Introduction to Radio Astronomy by Justin Jonas
The intent of this short course is to provide an introduction to radio astronomy with a range of exit points (modules). The modules range from a non-technical overview through to a description of the operation of interferometer arrays, such as MeerKAT and the SKA. The first two modules are aimed at a general audience, with the last three intended for a more technical audience. Each module is intended to last one hour.
Module 1: The history of radio astronomy
An overview of the development of radio astronomy, from Karl Jansky’s serendipitous discovery of cosmic radio noise to the construction of the MeerKAT radio telescope in South Africa. The narrative will include the genesis of radio astronomy in South Africa.
Module 2: Cosmic radio sources
Why does the sky appear to be different across the electromagnetic spectrum? An illustrated tour of the various types of cosmic radio sources, with a very simple explanation of their emission mechanism. The impact of RFI on radio astronomy is introduced.
Module 3: The astrophysics of cosmic radio sources
An elementary description of key astrophysical processes that are applicable to cosmic radio sources. This includes the physics underlying the emission processes and the processes that affect the propagation of radio waves through space.
Module 4: The fundamentals of radio telescopes
A functional description of a simple radio telescope, from the receptor antenna through to the recorded data. The emphasis is on dish receptors.
Module 5: Basic radiometry and interferometry
A deeper look at the signal path of a radio telescope, including the relationship between the sky signal and the recorded data, for both single-receptor instruments and interferometric arrays.
Background reading
This course is loosely based on the online textbook “Essential Radio Astronomy” by Jim Condon and Scott Ransom. Both authors are renowned radio astronomers, and both are significant users of the MeerKAT radio telescope. Jim is an expert in the field of radio galaxies, and Scott is a leading pulsar scientist.

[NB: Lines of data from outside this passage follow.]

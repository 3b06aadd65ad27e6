ghost use Rattle.std.specs.Prelude.{◌≡◌, ◌∷◌, ◌++◌, [], not, map, if◌then◌else◌, IfOk, OnOk};
ghost use Rattle.policy_model.specs.Objects.{has_object};
ghost use Rattle.group_expand.specs.Sets.{narrowed_by, object_seen};

use crate::object::Object;
use crate::object_set::ObjectSet;
use spoc_base::NoMemory;
use std::alloc::Global;

// Whether an object stays: one of the set does, or, where `without` is true, any other.
fn stays(set: &ObjectSet, object: Object, without: bool) -> bool
    ensures { result ≡ (if without then not (has_object set.now (object_seen object)) else has_object set.now (object_seen object)) }
{
    set.has(object) != without
}

// Puts an object at the end, where it stays.
fn push_kept(
    set: &ObjectSet,
    object: Object,
    without: bool,
    found: &mut Vec<Object>,
) -> Result<(), NoMemory>
    ensures { OnOk result (map object_seen found.new.items ≡ map object_seen found.old.items ++ narrowed_by without (object_seen object ∷ []) set.now) }
{
    if !stays(set, object, without) {
        return Ok(());
    }
    found.push(object)?;
    Ok(())
}

// The objects that stay.
#[tactic(auto, using(crate::proofs::Gathering::narrowed_cons))]
fn keep(
    alloc: Global,
    objects: &[Object],
    set: &ObjectSet,
    without: bool,
) -> Result<Vec<Object>, NoMemory>
    ensures { IfOk result (λ found. map object_seen found.items ≡ narrowed_by without (map object_seen objects.now) set.now) }
{
    let mut found = Vec::new(alloc);
    for object in objects {
        push_kept(set, *object, without, &mut found)?;
    }
    Ok(found)
}

/// Of some objects those that are among others, or, where `without` is true, those that aren't.
#[tactic(auto, using(crate::proofs::Gathering::narrowed_same))]
pub(crate) fn narrow(
    alloc: Global,
    objects: &[Object],
    others: &[Object],
    without: bool,
) -> Result<Vec<Object>, NoMemory>
    ensures { IfOk result (λ found. map object_seen found.items ≡ narrowed_by without (map object_seen objects.now) (map object_seen others.now)) }
{
    let mut set = ObjectSet::new(alloc);
    set.add_all(others)?;
    keep(alloc, objects, &set, without)
}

The book includes physics background material that we will take as read in this course, and you are encouraged to read it for your own interest. We will instead focus on the application of the theoretical results to the understanding of astrophysical and astronomical phenomena, and in particular the application to observational radio astronomy.
There are two sets of my own notes that supplement and complement the material in the book:
● “Radio Telescopes and Radiometry” – an introduction to the low-level technologies and techniques associated with radio telescopes.

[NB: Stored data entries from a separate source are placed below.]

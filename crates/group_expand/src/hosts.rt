ghost use Rattle.std.specs.Prelude.{◌≡◌, ◌∷◌, ◌++◌, ◌+◌, ◌<◌, [], ℕ, length, set, slice_index_or, IfOk, OnOk};
ghost use Rattle.topology.specs.View.{policy_of};
ghost use Rattle.zone_graph.specs.Grouped.{AreEmpty, HasGroups, row_items};
ghost use Rattle.group_expand.specs.Sets.{AreHosts, host_rows, hosts_below};

use spoc_base::{HostId, NoMemory};
use std::alloc::Global;
use topology::Topo;

/// Rows without items.
pub(crate) fn empty_rows<T: Drop>(alloc: Global, count: u32) -> Result<Vec<Vec<T>>, NoMemory>
    ensures { IfOk result (λ rows. AreEmpty (row_items rows.items) count) }
{
    let mut rows = Vec::new(alloc);
    for _ in 0..count {
        let row: Vec<T> = Vec::new(alloc);
        rows.push(row)?;
    }
    Ok(rows)
}

// Puts a host at the end of a row.
fn add(rows: &mut [Vec<HostId>], n: u32, host: HostId) -> Result<(), NoMemory>
    requires { n < length rows.old }
    ensures { OnOk result (row_items rows.new ≡ set (row_items rows.old) n (slice_index_or (row_items rows.old) n [] ++ host ∷ [])) }
{
    rows[n as usize].push(host)?;
    Ok(())
}

// Puts a host into its network's row.
fn add_host(topo: Topo<'_>, rows: &mut [Vec<HostId>], h: u32) -> Result<(), NoMemory>
    requires there { h < length (policy_of topo).hosts }
    requires each { length rows.old ≡ length (policy_of topo).nets }
    requires so_far { HasGroups (λ h. h.0) (row_items rows.old) (hosts_below (policy_of topo) h) }
    ensures { OnOk result (HasGroups (λ h. h.0) (row_items rows.new) (hosts_below (policy_of topo.entry) (h + 1))) }
{
    let host = topo.host(HostId(h));
    add(rows, host.net.0, HostId(h))?;
    Ok(())
}

// How many hosts there are.
fn host_count(topo: Topo<'_>) -> u32
    ensures { result ≡ length (policy_of topo.entry).hosts }
{
    topo.hosts().len() as u32
}

// How many networks there are.
fn net_count(topo: Topo<'_>) -> u32
    ensures { result ≡ length (policy_of topo.entry).nets }
{
    topo.nets().len() as u32
}

// Puts each host into its network's row.
fn fill_rows(topo: Topo<'_>, rows: &mut [Vec<HostId>]) -> Result<(), NoMemory>
    requires each { length rows.old ≡ length (policy_of topo).nets }
    requires empty { AreEmpty (row_items rows.old) (length (policy_of topo).nets) }
    ensures { OnOk result (HasGroups (λ h. h.0) (row_items rows.new) (hosts_below (policy_of topo.entry) (length (policy_of topo.entry).hosts))) }
{
    for h in 0..host_count(topo) {
        add_host(topo, rows, h)?;
    }
    Ok(())
}

/// The hosts of each network, by number.
pub(crate) fn host_rows(alloc: Global, topo: Topo<'_>) -> Result<Vec<Vec<HostId>>, NoMemory>
    ensures { IfOk result (λ rows. AreHosts (policy_of topo.entry) (host_rows rows.items)) }
{
    let mut rows = empty_rows(alloc, net_count(topo))?;
    fill_rows(topo, &mut rows)?;
    Ok(rows)
}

● “Fundamentals of Radiation and Radio Sources” – and overview of the physical processes responsible for observed radio emission and absorption by cosmic objects.

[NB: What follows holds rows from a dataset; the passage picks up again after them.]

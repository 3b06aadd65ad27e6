ghost use Rattle.std.specs.Prelude.{◌≡◌, ◌<◌, [], length, map, slice_index_or};
ghost use Rattle.group_expand.specs.Seen.{numbers_of, rows_of};

use spoc_base::{IfId, ZoneId};
use std::marker::Model;

/// Why an area has no zones: its least border whose zone isn't in it, or want of memory.
#[derive(Clone, Copy)]
pub enum AreaFail {
    Split(IfId),
    Memory,
}

/// The zones of each area, ascending.
#[derive(Drop)]
pub struct Areas {
    rows: Vec<Vec<ZoneId>>,
}

impl Model for Areas {
    ghost use Rattle.std.specs.Prelude.{ℕ, List};
    ghost use Rattle.group_expand.specs.Seen.{rows_of};

    ghost Value = { List (List ℕ) };

    ghost view = { λ a. rows_of a.rows.items };
}

impl Areas {
    // The table of these rows.
    pub(crate) fn of(rows: Vec<Vec<ZoneId>>) -> Areas
        ensures { result ≡ rows_of rows.items }
    {
        Areas { rows }
    }

    /// The zones of an area.
    pub fn zones(&self, k: u32) -> &[ZoneId]
        requires { k < length self.now }
        ensures { numbers_of result.now ≡ slice_index_or self.now k [] }
    {
        &self.rows[k as usize]
    }
}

There is significant overlap between the textbook and my notes.
Classic radio astronomy textbooks include “Radio Astronomy” by J.D. Kraus (out of print) and “Tools of Radio Astronomy” by K. Rohlf & T.L. Wilson (A&A Library, Springer). “An introduction to Radio Astronomy” by B.F. Burke, F. Graham-Smith & P.N. Wilkinson (CUP) is a more contemporary overview by three pioneers in the field (MeerKAT features on the cover of the book).
Pulsar astronomy is covered by two books by leading scientists in the field who have deep connections with MeerKAT: “Pulsar Astronomy” by A. Lyne, F. Graham-Smith & B. Stappers (CUP) and “Handbook of Pulsar Astronomy” by D.R. Lorimer & M. Kramer (CUP).
The principles of radio interferometry are comprehensively covered in “Interferometry and Synthesis in Radio Astronomy”, A.R. Thompson, J.M. Moran, G.W. Swenson, Third Edition (2017), A&A Library, Springer Open. (Available for free download from Springer).